安東尼識趣地起身:“我想去圖書館找點參考資料。”
“晚餐見,亨利。”布巴吉教授朝他揮揮手,又給了他一個小蛋糕。安東尼有時會覺得布巴吉教授有點像他祖母。
……
安東尼在去圖書館的途中遇上了差點沒頭的尼克,格蘭芬多的幽靈。尼克當時正沉思著準備從一堵牆中間穿過去,突然被安東尼叫住,
嚇得一個倒栽蔥,整個上半身陷進牆壁中。安東尼有些抱歉地看著他將自己的腦袋拔出來。 “啊,你好,教授。”尼克撓了撓脖子,他的腦袋在脖子上搖搖晃晃,“有什麽事嗎?”
“尼古拉斯爵士,我有個可能有些冒昧的問題想要請教。”
“盡管說吧,教授。我們幽靈已經死去太長時間,以至於我們很難真正被死後的事情惹惱了。哦,我真想念還活著的日子。”他充滿悲傷地說,“我想吃牛排。”
“我可以想象。”安東尼感同身受地說,“即使不是牛排也可以。任何能讓自己覺得不是自己不是一團空虛的東西。”
“唉,是啊……不說這個了,教授,你有什麽問題?”
“是這樣的,我有一些關於皮皮鬼的疑問。”
安東尼在昨天備課從圖書館出來的路上遇見了皮皮鬼。那時皮皮鬼正躲在一個吊燈裡面,將不知哪個倒霉家夥的作業撕成碎片,衝下面經過的學生扔紙團。格蘭芬多的級長珀西·韋斯萊端著架子試圖阻止他,被一隻飛起來的紙團直直砸到鼻子上。

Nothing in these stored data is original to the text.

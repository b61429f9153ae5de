// Expressions.

ghost use Rattle.std.specs.Prelude.{◌≡◌};

use crate::name::Name;

/// An operator between two operands of one level.
#[derive(Clone, Copy)]
pub enum Operator {
    BitOr,
    BitXor,
    BitAnd,
    Equal,
    NotEqual,
    Less,
    LessEqual,
    Greater,
    GreaterEqual,
    ShiftLeft,
    ShiftRight,
    Add,
    Subtract,
    Multiply,
    Divide,
    Remainder,
}

/// An operator before its operand.
#[derive(Clone, Copy)]
pub enum Prefix {
    /// `-`
    Negate,
    /// `!`
    Not,
    /// `~`
    Complement,
    /// `*`
    Dereference,
    /// `&`
    AddressOf,
}

/// An expression. A number that comes first is the place of its first token.
#[cycle(expression)]
pub enum Expression {
    /// A number, and whether it has the suffix `u`.
    Number(u32, u32, bool),
    /// A character.
    Character(u32, u8),
    /// A string's bytes, without the final 0.
    Text(u32, Vec<u8>),
    /// `NULL`
    Null(u32),
    /// `heap_region`
    HeapRegion(u32),
    /// `unique_region`
    UniqueRegion(u32),
    /// A variable.
    Variable(Name),
    /// A call, or the making of a struct: the name and the arguments.
    Call(Name, Vec<Expression>),
    /// The making of a union value: the union's tag, the member and its value.
    MakeUnion(Name, Name, Box<Expression>),
    /// `numelts(e)`
    NumElts(u32, Box<Expression>),
    /// An expression in parentheses.
    Grouped(u32, Box<Expression>),
    /// A primary and its suffixes, of which there is one at least.
    Suffixed(Box<Expression>, Vec<Suffix>),
    /// An operator before its operand.
    Prefixed(u32, Prefix, Box<Expression>),
    /// `new`, and what is made in the heap.
    New(u32, Made),
    /// `rnew(handle)`, and what is made in the handle's region.
    NewIn(u32, Box<Expression>, Made),
    /// Operands of one level: the first, and the others, of which there is one at least.
    Chain(Box<Expression>, Vec<Link>),
    /// Operands of `&&`: the first, and the others, of which there is one at least.
    AllOf(Box<Expression>, Vec<Expression>),
    /// Operands of `||`: the first, and the others, of which there is one at least.
    AnyOf(Box<Expression>, Vec<Expression>),
    /// An assignment: the place, and the value.
    Assign(Box<Expression>, Box<Expression>),
}

/// What stands after a primary.
#[cycle(expression)]
pub enum Suffix {
    /// `[e]`
    Index(Box<Expression>),
    /// `.f`
    Dot(Name),
    /// `->f`
    Arrow(Name),
}

// Written out, so that a caller's proof sees one call and not the drop of each field.
impl Drop for Suffix {
    #[cycle(expression)]
    fn drop(self) {
        match self {
            Suffix::Index(_index) => {}
            Suffix::Dot(_name) | Suffix::Arrow(_name) => {}
        }
    }
}

/// An operator with its right operand.
#[cycle(expression)]
#[derive(Drop)]
pub struct Link {
    pub operator: Operator,
    pub operand: Expression,
}

/// What `new` and `rnew` make.
#[cycle(expression)]
pub enum Made {
    /// One object with this value.
    One(Box<Expression>),
    /// An array, `{for i < count : element}`: the index's name, the count and the element.
    Array(Name, Box<Expression>, Box<Expression>),
}

// Written out, so that a caller's proof sees one call and not the drop of each field.
impl Drop for Made {
    #[cycle(expression)]
    fn drop(self) {
        match self {
            Made::One(_value) => {}
            Made::Array(_index, _count, _element) => {}
        }
    }
}

// Written out, so that a caller's proof sees one call and not the drop of each field.
impl Drop for Expression {
    #[cycle(expression)]
    fn drop(self) {
        match self {
            Expression::Number(_, _, _)
            | Expression::Character(_, _)
            | Expression::Null(_)
            | Expression::HeapRegion(_)
            | Expression::UniqueRegion(_) => {}
            Expression::Text(_, _bytes) => {}
            Expression::Variable(_name) => {}
            Expression::Call(_name, _arguments) => {}
            Expression::MakeUnion(_tag, _member, _value) => {}
            Expression::NumElts(_, _inner) => {}
            Expression::Grouped(_, _inner) => {}
            Expression::Suffixed(_first, _suffixes) => {}
            Expression::Prefixed(_, _, _operand) => {}
            Expression::New(_, _made) => {}
            Expression::NewIn(_, _handle, _made) => {}
            Expression::Chain(_first, _links) => {}
            Expression::AllOf(_first, _others) => {}
            Expression::AnyOf(_first, _others) => {}
            Expression::Assign(_place, _value) => {}
        }
    }
}

impl Expression {
    ghost use Rattle.cyc_tree.specs.View.{expression_tree};
    ghost use Rattle.cyc_tree.specs.Places.{expression_place};

    /// The place of its first token.
    pub fn place(&self) -> u32
        ensures { result ≡ expression_place (expression_tree self.now) }
    {
        match self {
            Expression::Number(at, _, _)
            | Expression::Character(at, _)
            | Expression::Text(at, _)
            | Expression::Null(at)
            | Expression::HeapRegion(at)
            | Expression::UniqueRegion(at)
            | Expression::NumElts(at, _)
            | Expression::Grouped(at, _)
            | Expression::Prefixed(at, _, _)
            | Expression::New(at, _)
            | Expression::NewIn(at, _, _) => *at,
            Expression::Variable(name)
            | Expression::Call(name, _)
            | Expression::MakeUnion(name, _, _) => name.at,
            Expression::Suffixed(first, _)
            | Expression::Chain(first, _)
            | Expression::AllOf(first, _)
            | Expression::AnyOf(first, _)
            | Expression::Assign(first, _) => first.place(),
        }
    }
}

“哈哈,十環!”皮皮鬼抓著吊燈翻了個跟頭,“紅頭髮的小鬼有個紅鼻子,紅頭髮的小鬼有個紅鼻子!”
安東尼驚訝地發現不同於學校的其他幽靈,皮皮鬼不是乳白色的,而且可以碰到物體——換言之,皮皮鬼更像亡靈巫師所熟悉的怨靈,而非這些遊蕩在城堡中的幽靈。他試圖用控制怨靈的辦法將皮皮鬼從吊燈中拽出來,皮皮鬼便狐疑地朝四周張望。
“討厭鬼在撓我癢癢。”皮皮鬼氣呼呼地說,生氣地將所有碎紙都撒到了地上,衝上天花板消失了。

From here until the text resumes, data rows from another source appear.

//! `cycc_edit`: what an editor asks of `cycc`. `cycc fmt` lays out the text of programs, `cycc check --warn` warns, and `cycc lsp` is a language server
//! over the standard streams.
//!
//! `main` reads the first word and goes on with the command of that name. It is a program of its own, so that `cycc check` and the others don't wait
//! until it is proved and built.
#![tactic(auto)]

mod files;
mod fmt;
mod frames_read;
mod lsp;
mod warn;

use command_line::status::{MEMORY, USAGE};
use command_line::words_of;
use std::alloc::AllocError;
use std::process::ExitCode;

/// What is said where the words are no command.
const USAGE_LINE: &str =
    "usage: cycc fmt [--check] [FILE]..\n       cycc check --warn [--deny] [--why] FILE..\n       cycc lsp";

/// Says how the program is called, and answers the status.
fn misused(rt: &HostRuntime) -> u8 {
    let _ = eprintln!(rt; "{USAGE_LINE}");
    USAGE
}

/// Answers the words of the command line with a status.
fn run(rt: &HostRuntime) -> Result<u8, AllocError> {
    let words = words_of(rt)?;
    match words.as_slice() {
        [_, command, rest @ ..] if command.as_str() == "fmt" => Ok(fmt::run(rt, rest)),
        [_, command, rest @ ..] if command.as_str() == "check" => Ok(warn::run(rt, rest)),
        [_, command, ..] if command.as_str() == "lsp" => Ok(lsp::run(rt)),
        _ => Ok(misused(rt)),
    }
}

/// Does what the command line says, and exits with its status.
fn main(rt: HostRuntime) -> ExitCode {
    match run(&rt) {
        Ok(status) => ExitCode::from(status),
        Err(AllocError) => ExitCode::from(MEMORY),
    }
}
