// Laws of the definitions: empty functions whose contracts say them.

ghost use Rattle.std.specs.Prelude.{◌≡◌, ◌<◌, ◌≤◌, ℕ, Some, None};
ghost use Rattle.cyc_tree.specs.Tree.{Program as Tree};
ghost use Rattle.cyc_tree.specs.Depths.{nesting, nesting_limit, too_deep_at};

/// A program has a token that is too deep exactly where it nests deeper than the limit.
pub fn deepest()
    ensures within { (program : Tree) → nesting program ≤ nesting_limit → too_deep_at program ≡ None }
    ensures deeper { (program : Tree) → nesting_limit < nesting program → (at : ℕ) × (too_deep_at program ≡ Some at) }
{}
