//! Units make their scripts side by side, each on a thread of its own, and the database is settled.
ghost use Rattle.std.specs.Prelude.{◌≡◌, ◌↔◌, ◌<◌, ◌≤◌, true, length, get_or, All, IfOk, IfErr, vec_len, vec_capacity};
ghost use Rattle.std.specs.Thread.{IsSync};
ghost use Rattle.dbtg_unit.specs.Database.Statements.Fits.{fits};
ghost use Rattle.dbtg_run.specs.Running.{HaveMade, HaveRun, IsRun, IsWhole, Ran};
ghost use Rattle.dbtg_run.specs.UnitView.{BelongsTo};

use crate::database::Database;
use crate::outcome::Gate;
use crate::running::run_script;
use crate::settled::{Fault, Settled, Unsettled};
use crate::settlement::settle;
use crate::unit::RunUnit;
use dbtg_schema::Row;
use dbtg_unit::Statement;
use std::alloc::{AllocError, Global};
use std::sync::Wait;
use std::thread::{Threads, join};

// A unit makes its script, and comes back; the error means that memory was refused to it.
fn run_one<R: Wait, G: Gate>(
    rt: &R,
    alloc: Global,
    db: &Database,
    unit: RunUnit,
    script: &[Statement],
    gate: &G,
) -> (RunUnit, Result<(), AllocError>)
    requires belongs { BelongsTo db.now unit }
    requires fits { All (λ x. fits db.now.schema x ≡ true) script.now }
    ensures belongs { BelongsTo db.now result.0 }
    ensures ran { Ran script.now unit result.0 }
    ensures whole { IfOk result.1 (λ _. IsWhole script.now unit result.0) }
{
    let mut unit = unit;
    let ran = run_script(rt, alloc, db, &mut unit, script, gate);
    (unit, ran)
}

// The script of the unit at this place.
fn script_at<'a>(scripts: &'a [Row<Statement>], place: usize) -> &'a [Statement]
    requires { place < length scripts.now }
    ensures { result.now ≡ get_or scripts.now place result.now }
{
    scripts[place].as_slice()
}

// Each unit makes the script at its place, the last on a thread beside the others, and all come back in their order. The error
// means that memory was refused to one of them.
fn run_all<R: Threads + Wait + Sync, G: Gate + Sync>(
    rt: &R,
    alloc: Global,
    db: &Database,
    units: Vec<RunUnit>,
    scripts: &[Row<Statement>],
    gate: &G,
) -> (Vec<RunUnit>, Result<(), AllocError>)
    requires belong { All (BelongsTo db.now) units.items }
    requires fit { All (λ script. All (λ x. fits db.now.schema x ≡ true) script) scripts.now }
    requires scripts { length units.items ≤ length scripts.now }
    ensures belong { All (BelongsTo db.now) result.0.items }
    ensures ran { HaveRun scripts.now units.items result.0.items }
    ensures made { IfOk result.1 (λ _. HaveMade scripts.now units.items result.0.items) }
    ensures room { vec_capacity result.0 ≡ vec_capacity units }
{
    let mut units = units;
    let Some(unit) = units.pop() else {
        return (units, Ok(()));
    };
    let script = script_at(scripts, units.as_slice().len());
    let (one, others) = join(
        rt,
        move || -> (RunUnit, Result<(), AllocError>)
            requires { IsSync R.row × IsSync G.row × BelongsTo db.now unit × All (λ x. fits db.now.schema x ≡ true) script.now }
            ensures { BelongsTo db.entry.now result.0 × Ran script.entry.now unit result.0 × IfOk result.1 (λ _. IsWhole script.entry.now unit result.0) }
        { run_one(rt, alloc, db, unit, script, gate) },
        move || -> (Vec<RunUnit>, Result<(), AllocError>)
            requires { IsSync R.row × IsSync G.row × All (BelongsTo db.now) units.items × All (λ script. All (λ x. fits db.now.schema x ≡ true) script) scripts.now × (length units.items ≤ length scripts.now) }
            ensures { All (BelongsTo db.entry.now) result.0.items × HaveRun scripts.entry.now units.items result.0.items × IfOk result.1 (λ _. HaveMade scripts.entry.now units.items result.0.items) × (vec_capacity result.0 ≡ vec_capacity units) }
        { run_all(rt, alloc, db, units, scripts, gate) },
    );
    let (unit, own) = one;
    let (mut units, ran) = others;
    units.push_reserved(unit);
    match own {
        Ok(()) => (units, ran),
        Err(refused) => (units, Err(refused)),
    }
}

/// Each unit makes the statements of the script at its place among the scripts, on a thread of its own, and insists on each; then
/// the database is settled. Scripts without a unit are not made. The gate is passed as by `execute_at`, by all threads.
/// If a unit is missing, nothing is made. If memory is refused to a unit, that unit stops before the statement and the others finish
/// their scripts; the database and all units come back as they then are. The same happens if `settle` finds no memory.
pub fn run_units<R: Threads + Wait + Sync, G: Gate + Sync>(
    rt: &R,
    alloc: Global,
    db: Database,
    units: Vec<RunUnit>,
    scripts: &[Row<Statement>],
    gate: &G,
) -> Result<Settled, Unsettled>
    requires belong { All (BelongsTo db) units.items }
    requires fit { All (λ script. All (λ x. fits db.schema x ≡ true) script) scripts.now }
    requires scripts { length units.items ≤ length scripts.now }
    ensures ok { IfOk result (λ settled. IsRun db scripts.now units.items settled) }
    ensures err { IfErr result (λ back. (back.db ≡ db) × HaveRun scripts.now units.items back.units.items) }
    ensures missing { IfErr result (λ back. (back.fault ≡ Fault.Missing) ↔ (length units.items < db.about.units)) }
    ensures unmade { IfErr result (λ back. back.fault ≡ Fault.Missing → back.units ≡ units) }
{
    if units.as_slice().len() < db.about.units as usize {
        return Err(Unsettled {
            fault: Fault::Missing,
            db,
            units,
        });
    }
    let (units, ran) = run_all(rt, alloc, &db, units, scripts, gate);
    if ran.is_err() {
        return Err(Unsettled {
            fault: Fault::NoMemory,
            db,
            units,
        });
    }
    settle(alloc, db, units)
}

今天安東尼原本打算去圖書館查一查校史,打探一番皮皮鬼的來歷。作為理論上目前唯一在世的亡靈巫師,他對一切和亡靈魔法有關的東西都抱有極大的興趣。既然在路上遇到了尼克,他也不介意直接問和皮皮鬼更熟的幽靈們。
“啊,皮皮鬼!”差點沒頭的尼克惱火地說,“不要在意他,教授,他對所有人都很不禮貌,真不知道鄧布利多為什麽會容忍他。除了一直寬恕他的修士,所有的幽靈都不喜歡他。我是說,他連一個起碼的幽靈都夠不上——”
安東尼聽到了關鍵詞:“什麽叫‘連一個起碼的幽靈都夠不上’?”
“看看他的樣子,安東尼教授!”尼克激烈地說,“沒有潔淨的半透明身體,沒有冰冷的死亡氣息,更沒有死人應有的尊嚴!我真想知道他究竟在那條路上遇到了什麽,才變成這樣一副瘋瘋癲癲的樣子。”
“那條路?”
差點沒頭的尼克突然沉默下來。他僵住了,然後非常、非常悲傷地歎了口氣:“我不想說了,教授,我不想說。對不起。”